The café became the ‘happening’ place of all creative art and writing, a world of lovers and artists, musicians and students, that would send ripples right into the rebellious 1960s, bringing most of us, even young teenage undergraduates, in contact with existentialism, with the question of authenticity, with the ‘proto-punk style’ of living, with wearing black woollen turtlenecks and debating philosophy at social events. The Firebox Café in Bloomsbury or the nearby Cuts Café, with its walls lined with the political works of George Orwell, comes to mind, especially at a time when the Left needs to seriously reinvent itself. As Yevgeny Zamyatin would say, “Heretics are the only bitter remedy against the entropy of human thought.”

Such was the deviant world of Paris, the ‘topsy-turveydom’ of Maurice Merleau-Ponty and Raymond Queneau deep in debate on freedom and the embarrassment of tolerating a rich elite society or the bourgeois order of marriage and fidelity, so profoundly rejected through the bohemianism of Sartre and Beauvoir.

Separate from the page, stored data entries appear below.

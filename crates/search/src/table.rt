ghost use Rattle.std.specs.Prelude.{◌≡◌, ◌+◌, ◌*◌, slice_set};
ghost use Rattle.search.specs.Rows.{place_at};

use assignments::Place;

// The work table over a lent slice: the place of a node and a server is at node × servers + server. A place past the end of
// the slice is empty, and stays so.
#[derive(Drop)]
pub struct Table<'a, P> {
    pub places: &'a mut [Option<Place<P>>],
    pub servers: u16,
}

impl<'a, P: Copy> Table<'a, P> {
    // Where the place of a node at a server is.
    fn index(&self, node: u16, server: u16) -> usize
        ensures { result ≡ node * self.now.servers + server }
    {
        usize::from(node) * usize::from(self.servers) + usize::from(server)
    }

    // The place of a node at a server.
    pub fn at(&self, node: u16, server: u16) -> Option<Place<P>>
        ensures { result ≡ place_at self.now.places.now self.now.servers node server }
    {
        self.places.get(self.index(node, server)).copied().flatten()
    }

    // Writes the place of a node at a server; all other places stay.
    pub fn put(&mut self, node: u16, server: u16, place: Option<Place<P>>)
        ensures after { self.new.places.now ≡ slice_set self.old.places.now (node * self.old.servers + server) place }
        ensures servers { self.new.servers ≡ self.old.servers }
        ensures lent { self.new.places.ghost_name ≡ self.old.places.ghost_name }
    {
        let k = self.index(node, server);
        if k < self.places.len() {
            self.places[k] = place;
        }
    }
}
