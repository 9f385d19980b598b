ghost use Rattle.std.specs.Prelude.{◌≡◌, ℕ, ◌<◌, Option as Maybe};
ghost use Rattle.assignments.specs.Cheapest.{better as cheaper, cheapest as first_cheapest};

use crate::root::Seat;
use assignments::Place;
use tariff::Tariff;

// What has a price, by which it is chosen.
pub(crate) trait Priced<P: Copy>: Copy {
    ghost priced: { Self → P };

    fn price(self) -> P
        ensures { result ≡ priced self };
}

impl<P: Copy> Priced<P> for Place<P> {
    ghost priced = { λ p. p.price };

    fn price(self) -> P {
        self.price
    }
}

impl<P: Copy> Priced<P> for Seat<P> {
    ghost priced = { λ q. q.price };

    fn price(self) -> P {
        self.price
    }
}

// The first, unless the second is strictly cheaper.
pub(crate) fn better<T: Tariff, X: Priced<T::Price>>(
    tariff: &T,
    first: Option<X>,
    second: Option<X>,
) -> Option<X>
    ensures { result ≡ cheaper (T.pricing tariff.now).leq X.priced first second }
{
    let (Some(x), Some(y)) = (first, second) else {
        return first.or(second);
    };
    if tariff.at_most(x.price(), y.price()) {
        first
    } else {
        second
    }
}

// The first of the cheapest of what is offered for each number below `count`.
pub(crate) fn cheapest<T: Tariff, X: Priced<T::Price>, F: Fn(u16) -> Option<X>>(
    tariff: &T,
    count: u16,
    offer: F,
) -> Option<X>
    requires { (i : ℕ) → i < count → F.pre offer i }
    ensures { (f : ℕ → Maybe X) → ((i : ℕ) (x : Maybe X) → i < count → F.post offer i x → x ≡ f i) → result ≡ first_cheapest (T.pricing tariff.now).leq X.priced f count }
{
    let mut best = None;
    for i in 0..count {
        best = better(tariff, best, offer(i));
    }
    best
}
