ghost use Rattle.std.specs.Prelude.{◌≡◌, ℕ, ◌+◌, ◌*◌, ◌<◌, ◌≤◌, Bool, true, length, slice_index_or};
ghost use Rattle.std.specs.List.{AllByRecursion};
ghost use Rattle.chart.specs.Layout.{Layout};
ghost use Rattle.chart.specs.Charts.{layout};
ghost use Rattle.profile.specs.declared.shape.Profile.{Profile as Shape};
ghost use Rattle.queries.specs.declared.node.Node.{Node as Part};
ghost use Rattle.queries.specs.Flat.{operands as used, blank, tree_of};
ghost use Rattle.queries.specs.Questions.{node_profile};
ghost use Rattle.queries.specs.Sound.{Sound};
ghost use Rattle.assignments.specs.Table.{kept};
ghost use Rattle.search.specs.Rows.{place_at, leaf_place, place_from, Row, Filled};
ghost use Rattle.search.specs.Sources.{Sourced, Joinable};

use crate::options::{Operands, best_option};
use crate::sends::{Sends, sends_of};
use crate::table::Table;
use assignments::{Mode, Place};
use policy::Policy;
use profile::{Join, Profile};
use queries::Node;
use tariff::Tariff;

// Where the places of a node come from: its relation's server, the places of its operand, or the options of a join.
#[derive(Clone, Copy)]
pub(crate) enum Source {
    Home(Option<u16>),
    Operand(u16),
    Options(Operands, Sends),
}

// The place of a leaf at a server: it costs nothing at its relation's own, and is nowhere else.
fn leaf_place<T: Tariff>(tariff: &T, home: Option<u16>, server: u16) -> Option<Place<T::Price>>
    ensures { result ≡ leaf_place (T.pricing tariff.now) home server }
{
    (home == Some(server)).then(|| Place {
        price: tariff.nothing(),
        mode: Mode::Local,
        other: server,
    })
}

// The place of a projection or a filter at a server, by its operand's.
fn kept_place<P: Copy>(server: u16, below: Option<Place<P>>) -> Option<Place<P>>
    ensures { result ≡ kept server below }
{
    below.map(|place| Place {
        mode: Mode::Local,
        other: server,
        ..place
    })
}

// The place of a node at a server, from the places of the nodes before it.
fn place_of<T: Tariff>(
    tariff: &T,
    source: &Source,
    server: u16,
    table: &Table<T::Price>,
) -> Option<Place<T::Price>>
    requires { server < table.now.servers }
    ensures { (l : Layout) (may : ℕ → Shape → Bool) (f : ℕ → Shape) (x : Part) → Sourced l may table.now.servers f x source.now → result ≡ place_from (T.pricing tariff.now) may table.now.servers l f x (place_at table.now.places.now table.now.servers) server }
{
    match source {
        Source::Home(home) => leaf_place(tariff, *home, server),
        Source::Operand(operand) => kept_place(server, table.at(*operand, server)),
        Source::Options(operands, sends) => best_option(tariff, sends, table, *operands, server),
    }
}

// Fills the row of a node.
pub(crate) fn fill_row<T: Tariff>(
    tariff: &T,
    source: &Source,
    node: u16,
    table: &mut Table<T::Price>,
)
    requires { node * table.old.servers + table.old.servers ≤ length table.old.places.now }
    ensures row { (l : Layout) (may : ℕ → Shape → Bool) (f : ℕ → Shape) (x : Part) → Sourced l may table.old.servers f x source.now → AllByRecursion (λ j. j < node) (used x) → Row table.old.servers node table.old.servers (place_from (T.pricing tariff.now) may table.old.servers l f x (place_at table.old.places.now table.old.servers)) table.old.places.now table.new.places.now }
    ensures servers { table.new.servers ≡ table.old.servers }
    ensures lent { table.new.places.ghost_name ≡ table.old.places.ghost_name }
{
    for server in 0..table.servers {
        let place = place_of(tariff, source, server, table);
        table.put(node, server, place);
    }
}

// Where the places of a node come from; the policy is asked here.
pub(crate) fn source_of<P: Policy>(policy: &P, node: Node, profiles: &[Profile]) -> Source
    requires earlier { AllByRecursion (λ j. j < length profiles.now) (used node) }
    requires joins { Joinable (layout (P.Policy.charted policy.now)) (λ j. slice_index_or profiles.now j blank) node }
    ensures { Sourced (layout (P.Policy.charted policy.now)) (P.Policy.reading policy.now (P.Policy.rules policy.now)) (layout (P.Policy.charted policy.now)).servers (λ j. slice_index_or profiles.now j blank) node result }
{
    let chart = policy.chart();
    match node {
        Node::Leaf { relation } => Source::Home(chart.server_of(relation)),
        Node::Project { operand, .. } | Node::Filter { operand, .. } => Source::Operand(operand),
        Node::Join { left, right, link } => {
            let (a, b) = (profiles[left as usize], profiles[right as usize]);
            let join = Join::new(chart, a, b, link).unwrap();
            let sends = sends_of(policy, chart.servers(), &join);
            Source::Options(Operands { left, right }, sends)
        }
    }
}
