ghost use Rattle.std.specs.Prelude.{◌≡◌, ◌*◌, ◌<◌, ◌≤◌, length};
ghost use Rattle.std.specs.List.{AllByRecursion};
ghost use Rattle.chart.specs.Charts.{layout};
ghost use Rattle.search.specs.Rows.{Filled};

use crate::rows::{fill_row, source_of};
use crate::table::Table;
use policy::Policy;
use queries::Checked;
use tariff::Tariff;

// Fills the work table: the row of each node, in node order, has the places of its subtree. Later places stay.
pub(crate) fn fill_table<P: Policy, T: Tariff>(
    policy: &P,
    tariff: &T,
    query: &Checked,
    table: &mut Table<T::Price>,
)
    requires chart { query.now.chart.now ≡ P.Policy.charted policy.now }
    requires servers { table.old.servers ≡ (layout (P.Policy.charted policy.now)).servers }
    requires room { length query.now.nodes.now * table.old.servers ≤ length table.old.places.now }
    ensures filled { Filled (T.pricing tariff.now) (P.Policy.reading policy.now (P.Policy.rules policy.now)) (layout (P.Policy.charted policy.now)) query.now.nodes.now (length query.now.nodes.now) table.old.places.now table.new.places.now }
    ensures servers { table.new.servers ≡ table.old.servers }
    ensures lent { table.new.places.ghost_name ≡ table.old.places.ghost_name }
{
    for (i, node) in query.nodes.iter().enumerate() {
        let source = source_of(policy, *node, &query.profiles);
        fill_row(tariff, &source, i as u16, table);
    }
}
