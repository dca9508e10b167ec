//! The firewall between the applets on a card: the verdict on each access to an object.
#![tactic(auto)]

mod access;
mod decision;
mod examples;
mod law;

pub use access::{Access, Denial, Facts, Rule, Verdict};
pub use decision::{allows, decide};
pub use examples::{
    all_is_allowed_to_the_runtime, casts_are_of_own_objects_or_of_services,
    cleared_arrays_are_of_the_selected_context, components_are_own_or_global, fields_are_own,
    methods_are_own_or_the_runtimes, references_are_stored, services_are_shared,
    thrown_objects_are_own_or_the_runtimes,
};
pub use law::own_is_allowed;
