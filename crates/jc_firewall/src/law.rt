//! The law that joins the store and the firewall.

ghost use Rattle.jc_firewall.specs.Own.{OwnIsAllowed};

/// An applet may access its context's own objects in every way, if no reference is stored that may not be stored. It
/// does nothing.
pub fn own_is_allowed()
    ensures { OwnIsAllowed }
{}
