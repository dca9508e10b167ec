//! The decision on an access. All of it is inlined: most callers name the access, and only its row stays then.

ghost use Rattle.std.specs.Prelude.{◌≡◌, ◌&&◌, false};
ghost use Rattle.std.specs.Option.{option_map_or};
ghost use Rattle.jc_firewall.specs.Verdict.{is_allowed, is_deselect, is_entry_point, is_global_array, is_never_stored};
ghost use Rattle.jc_firewall.specs.Verdict.{is_out_of_selection, is_own, row_of, stores_reference, verdict_for_runtime};
ghost use Rattle.jc_firewall.specs.Verdict.{verdict_in, verdict_of};
ghost use Rattle.jc_firewall.specs.declared.access.Access.TheVariants.{CheckCast};
ghost use Rattle.jc_firewall.specs.Verdict.AccessRow.{components, fields, interface_calls, shared_calls, shared_casts};
ghost use Rattle.jc_firewall.specs.Verdict.AccessRow.{throws, virtual_calls};

use crate::access::{Access, Facts, Rule, Verdict};
use jc_names::Owner;
use jc_store::{ClearingEvent, Mark};

#[inline(always)]
fn is_own(active: u8, facts: &Facts) -> bool
    ensures { result ≡ is_own active facts.now }
{
    facts.owner.context == active
}

#[inline(always)]
fn is_entry_point(mark: Mark) -> bool
    ensures { result ≡ is_entry_point mark }
{
    match mark {
        Mark::PermanentEntryPoint | Mark::TemporaryEntryPoint => true,
        Mark::Plain | Mark::GlobalArray => false,
    }
}

#[inline(always)]
fn is_global_array(mark: Mark) -> bool
    ensures { result ≡ is_global_array mark }
{
    match mark {
        Mark::GlobalArray => true,
        Mark::Plain | Mark::PermanentEntryPoint | Mark::TemporaryEntryPoint => false,
    }
}

/// Whether a reference is stored that may not be stored.
#[inline(always)]
fn stores_unstorable(facts: &Facts) -> bool
    ensures { result ≡ option_map_or is_never_stored facts.now.stored false }
{
    match facts.stored {
        Some(Mark::TemporaryEntryPoint | Mark::GlobalArray) => true,
        Some(Mark::Plain | Mark::PermanentEntryPoint) | None => false,
    }
}

/// Whether an array is cleared on deselect, while no applet of the active context is selected.
#[inline(always)]
fn is_out_of_selection(active: u8, facts: &Facts) -> bool
    ensures { result ≡ is_out_of_selection active facts.now }
{
    match facts.clears {
        Some(ClearingEvent::Deselect) => match facts.selected {
            Some(selected) => selected != active,
            None => true,
        },
        Some(ClearingEvent::Reset) | None => false,
    }
}

#[inline(always)]
fn on_field(active: u8, facts: &Facts) -> Verdict
    ensures { result ≡ verdict_in fields active facts.now }
{
    if is_own(active, facts) {
        Verdict::Allowed
    } else {
        Verdict::Denied(Rule::Fields)
    }
}

#[inline(always)]
fn on_components(active: u8, facts: &Facts) -> Verdict
    ensures { result ≡ verdict_in components active facts.now }
{
    if is_out_of_selection(active, facts) {
        Verdict::Denied(Rule::Selection)
    } else if is_own(active, facts) || is_global_array(facts.mark) {
        Verdict::Allowed
    } else {
        Verdict::Denied(Rule::Components)
    }
}

#[inline(always)]
fn on_virtual_call(active: u8, facts: &Facts) -> Verdict
    ensures { result ≡ verdict_in virtual_calls active facts.now }
{
    if is_own(active, facts) {
        Verdict::Allowed
    } else if is_entry_point(facts.mark) || is_global_array(facts.mark) {
        Verdict::AllowedSwitch(Owner::RUNTIME)
    } else {
        Verdict::Denied(Rule::Calls)
    }
}

#[inline(always)]
fn on_interface_call(active: u8, facts: &Facts) -> Verdict
    ensures { result ≡ verdict_in interface_calls active facts.now }
{
    if is_own(active, facts) {
        Verdict::Allowed
    } else if is_entry_point(facts.mark) {
        Verdict::AllowedSwitch(Owner::RUNTIME)
    } else {
        Verdict::Denied(Rule::Calls)
    }
}

#[inline(always)]
fn on_shared_call(active: u8, facts: &Facts) -> Verdict
    ensures { result ≡ verdict_in shared_calls active facts.now }
{
    if is_own(active, facts) {
        Verdict::Allowed
    } else if is_entry_point(facts.mark) {
        Verdict::AllowedSwitch(Owner::RUNTIME)
    } else if facts.is_shareable {
        Verdict::AllowedSwitch(facts.owner)
    } else {
        Verdict::Denied(Rule::SharedCalls)
    }
}

#[inline(always)]
fn on_throw(active: u8, facts: &Facts) -> Verdict
    ensures { result ≡ verdict_in throws active facts.now }
{
    if is_own(active, facts) || is_entry_point(facts.mark) {
        Verdict::Allowed
    } else {
        Verdict::Denied(Rule::Throws)
    }
}

#[inline(always)]
fn on_cast(active: u8, facts: &Facts) -> Verdict
    ensures { result ≡ verdict_in (row_of CheckCast facts.now) active facts.now }
{
    if facts.is_array {
        return on_components(active, facts);
    }
    if is_own(active, facts) || is_entry_point(facts.mark) {
        Verdict::Allowed
    } else if !facts.is_shared_interface {
        Verdict::Denied(Rule::Casts)
    } else if facts.is_shareable {
        Verdict::Allowed
    } else {
        Verdict::Denied(Rule::SharedCasts)
    }
}

/// The verdict if the active context isn't the runtime's, and no reference is stored that may not be stored.
#[inline(always)]
fn between_applets(access: Access, active: u8, facts: &Facts) -> Verdict
    ensures { result ≡ verdict_in (row_of access facts.now) active facts.now }
{
    match access {
        Access::PutStaticReference => Verdict::Allowed,
        Access::PutReferenceField | Access::PutField | Access::GetField => on_field(active, facts),
        Access::LoadComponent
        | Access::StoreComponent
        | Access::StoreReference
        | Access::ArrayLength => on_components(active, facts),
        Access::InvokeVirtual => on_virtual_call(active, facts),
        Access::InvokeInterface => {
            if facts.is_shared_interface {
                on_shared_call(active, facts)
            } else {
                on_interface_call(active, facts)
            }
        }
        Access::Throw => on_throw(active, facts),
        Access::CheckCast | Access::InstanceOf => on_cast(active, facts),
    }
}

/// The verdict if the runtime is active.
#[inline(always)]
fn of_runtime(access: Access, facts: &Facts) -> Verdict
    ensures { result ≡ verdict_for_runtime (row_of access facts.now) facts.now }
{
    match access {
        Access::InvokeVirtual | Access::InvokeInterface => Verdict::AllowedSwitch(facts.owner),
        Access::PutStaticReference
        | Access::PutReferenceField
        | Access::PutField
        | Access::GetField
        | Access::LoadComponent
        | Access::StoreComponent
        | Access::StoreReference
        | Access::ArrayLength
        | Access::Throw
        | Access::CheckCast
        | Access::InstanceOf => Verdict::Allowed,
    }
}

/// Whether an access stores a reference.
#[inline(always)]
fn stores_reference(access: Access) -> bool
    ensures { result ≡ stores_reference access }
{
    match access {
        Access::PutStaticReference | Access::PutReferenceField | Access::StoreReference => true,
        Access::PutField
        | Access::GetField
        | Access::LoadComponent
        | Access::StoreComponent
        | Access::ArrayLength
        | Access::InvokeVirtual
        | Access::InvokeInterface
        | Access::Throw
        | Access::CheckCast
        | Access::InstanceOf => false,
    }
}

/// The verdict on an access of code in the active context (Java Card Runtime Environment Specification, Class and
/// Object Access Behavior).
#[inline(always)]
pub fn decide(access: Access, active: u8, facts: &Facts) -> Verdict
    ensures { result ≡ verdict_of access active facts.now }
{
    if active == Owner::RUNTIME.context {
        of_runtime(access, facts)
    } else if stores_reference(access) && stores_unstorable(facts) {
        Verdict::Denied(Rule::Storing)
    } else {
        between_applets(access, active, facts)
    }
}

/// Whether an access is allowed.
#[inline(always)]
pub fn allows(access: Access, active: u8, facts: &Facts) -> bool
    ensures { result ≡ is_allowed (verdict_of access active facts.now) }
{
    match decide(access, active, facts) {
        Verdict::Allowed | Verdict::AllowedSwitch(_) => true,
        Verdict::Denied(_) => false,
    }
}
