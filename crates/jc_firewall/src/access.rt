//! Accesses to objects, and the verdicts on them.

use jc_names::Owner;
use jc_store::{ClearingEvent, Mark};

/// A kind of access to an object.
#[derive(Clone, Copy, Debug, PartialEq, Eq)]
pub enum Access {
    /// putstatic of a reference; the object is the one to which the reference refers.
    PutStaticReference,
    /// putfield of a reference.
    PutReferenceField,
    /// putfield of a boolean, a byte or a short.
    PutField,
    /// getfield
    GetField,
    /// aaload, baload, saload
    LoadComponent,
    /// bastore, sastore
    StoreComponent,
    /// aastore
    StoreReference,
    /// arraylength
    ArrayLength,
    /// invokevirtual
    InvokeVirtual,
    /// invokeinterface
    InvokeInterface,
    /// athrow
    Throw,
    /// checkcast
    CheckCast,
    /// instanceof
    InstanceOf,
}

/// The facts from which the verdict on an access is computed, besides the active context.
#[derive(Clone, Copy, Debug, PartialEq, Eq)]
pub struct Facts {
    pub owner: Owner,
    pub mark: Mark,
    pub is_array: bool,
    /// The event that clears the object, if it is transient.
    pub clears: Option<ClearingEvent>,
    /// The mark of the object to which a stored reference refers, if a reference is stored.
    pub stored: Option<Mark>,
    /// Whether the object's class implements Shareable.
    pub is_shareable: bool,
    /// Whether the interface that is called or cast to is Shareable or extends it.
    pub is_shared_interface: bool,
    /// The context of the selected applet, if one is selected.
    pub selected: Option<u8>,
}

/// The rule by which an access is denied.
#[derive(Clone, Copy, Debug, PartialEq, Eq)]
pub enum Rule {
    /// Rule 1: a reference to a temporary entry point or a global array may not be stored.
    Storing,
    /// Rule 2: the array has to be the context's own, or global.
    Components,
    /// Rule 3: the object of a field has to be the context's own.
    Fields,
    /// Rule 4: the object of a called method has to be the context's own or an entry point, or for invokevirtual a
    /// global array.
    Calls,
    /// Rule 5: the object of a called method of a shareable interface has to be the context's own, an entry point or
    /// shareable.
    SharedCalls,
    /// Rule 6: a thrown object has to be the context's own or an entry point.
    Throws,
    /// Rule 7: an object that is cast has to be the context's own or an entry point.
    Casts,
    /// Rule 8: an object that is cast to a shareable interface has to be the context's own, an entry point or
    /// shareable.
    SharedCasts,
    /// Rule 9: an array that is cleared on deselect may be used only while an applet of the active context is selected.
    Selection,
}

/// A denied access.
#[derive(Clone, Copy, Debug, PartialEq, Eq)]
pub struct Denial {
    pub access: Access,
    /// The owner of the object.
    pub owner: Owner,
    /// The rule by which it is denied.
    pub rule: Rule,
}

/// The verdict on an access.
#[derive(Clone, Copy, Debug, PartialEq, Eq)]
pub enum Verdict {
    Allowed,
    /// It is allowed, and switches to this owner.
    AllowedSwitch(Owner),
    Denied(Rule),
}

The existential temperament of the 1940s engaged itself seriously with political issues as is clear from the controversial writings published in the journal, Les Temps Modernes , and the newspaper, Liberation . No state apparatus could overpower this sense of freedom, evident from Sartre’s refusal to accept the Legion of Honour or the Nobel Prize in 1964, arguing for “a writer’s need to stay independent of interests and influence”, living with the credo “whatever you experience, as you experience”. Such was the world view that taught you to live on the edge, a Nietzschean affirmation of an assertive existence. Life for many, thus, “would be always one big existential café”. And in such a world, as Bakewell argues, there was no place for the ‘post-structuralist signifier,’ but an obsession with life itself, with its sorrows and joys, with nuclear war, with environment and foreign policy, with the wretched of the earth. The major questions that concern us are lucidly brought out by the ‘cafephilos’, icons who stand tall even today. The revival of the post-war Parisian café or the coffee house culture ought to be the call of the day.

Shelley Walia is professor and fellow, Department of English and Cultural Studies, Panjab University, Chandigarh.